[Your assignment]
Write out every line below that contains "filled".

───── Records supplied

//! Lists under the keys of JSON objects.

ghost use Rattle.std.specs.Prelude.{◌≡◌, ◌++◌, IfOk, OnOk, map};
ghost use Rattle.serde_json.specs.Find.{get};
ghost use Rattle.json_read.specs.Views.{data_of};
ghost use Rattle.json_read.specs.Given.{Gives};
ghost use Rattle.import_forms.specs.Lists.{is_absent, list_at};

use dh_base::items::Items;
use json::Value;
use json_read::fault::FormFault;
use json_read::form::{ReadJson, listed};
use json_read::look::{is_null, member};
use std::alloc::{AllocError, Global};

fn is_absent(value: &Value<'_>, key: &str) -> bool
    ensures { result ≡ is_absent (get key.now (data_of value.now)) }
{
    match member(value, key) {
        Some(found) => is_null(found),
        None => true,
    }
}

/// The records of a list, none where its key is absent or null.
#[tactic(auto, unfolding(crate::specs::Lists::list_at))]
pub(crate) fn list_at<T: ReadJson>(
    alloc: Global,
    value: &Value<'_>,
    key: &str,
) -> Result<Items<T>, FormFault>
    ensures { Gives (list_at key.now T.form (data_of value.now)) result }
{
    if is_absent(value, key) {
        return Ok(Items::new(alloc));
    }
    listed(alloc, value, key)
}

/// An object that may stand in another.
pub(crate) trait Inner: Sized {
    ghost use Rattle.std.specs.Prelude.{ℕ, List, Option};

    /// The object in one of this identifier, which counts where the object names none.
    ghost inside: { Option (List ℕ) → Self → Self };

    /// The same object, with the identifier of the one around filled in.
    fn put_inside(alloc: Global, id: &Option<Items<u8>>, object: Self) -> Result<Self, AllocError>
        ensures { IfOk result (λ filled. filled ≡ inside id.now object) };
}

/// Fills in the identifier of the object around in each object of a list.
pub(crate) fn all_inside<T: Inner + Drop>(
    alloc: Global,
    id: &Option<Items<u8>>,
    objects: Items<T>,
) -> Result<Items<T>, AllocError>
    ensures { IfOk result (λ filled. filled ≡ map (T.inside id.now) objects) }
{
    let mut filled = Vec::new(alloc);
    for object in objects.items {
        filled.push(T::put_inside(alloc, id, object)?)?;
    }
    Ok(Items::from(filled))
}

/// Puts the items of a list at the end of another.
pub(crate) fn append<T: Drop>(list: &mut Items<T>, more: Items<T>) -> Result<(), AllocError>
    ensures { OnOk result (list.new ≡ list.old ++ more) }
{
    let mut rest = more.items;
    list.items.append(&mut rest)
}
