//! Two readings as one.

ghost use Rattle.import_forms.specs.Both.{IsBoth};

/// Both values, or the fault of the first reading that has one. What was read before isn't held by the
/// caller while it may have to return early.
pub(crate) fn both<A: Drop, B: Drop, E: Drop>(
    first: Result<A, E>,
    second: Result<B, E>,
) -> Result<(A, B), E>
    ensures { IsBoth first second result }
{
    match first {
        Ok(first) => match second {
            Ok(second) => Ok((first, second)),
            Err(fault) => Err(fault),
        },
        Err(fault) => Err(fault),
    }
}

──────────

[Task result]
    /// The same object, with the identifier of the one around filled in.
        ensures { IfOk result (λ filled. filled ≡ inside id.now object) };
    ensures { IfOk result (λ filled. filled ≡ map (T.inside id.now) objects) }
    let mut filled = Vec::new(alloc);
        filled.push(T::put_inside(alloc, id, object)?)?;
    Ok(Items::from(filled))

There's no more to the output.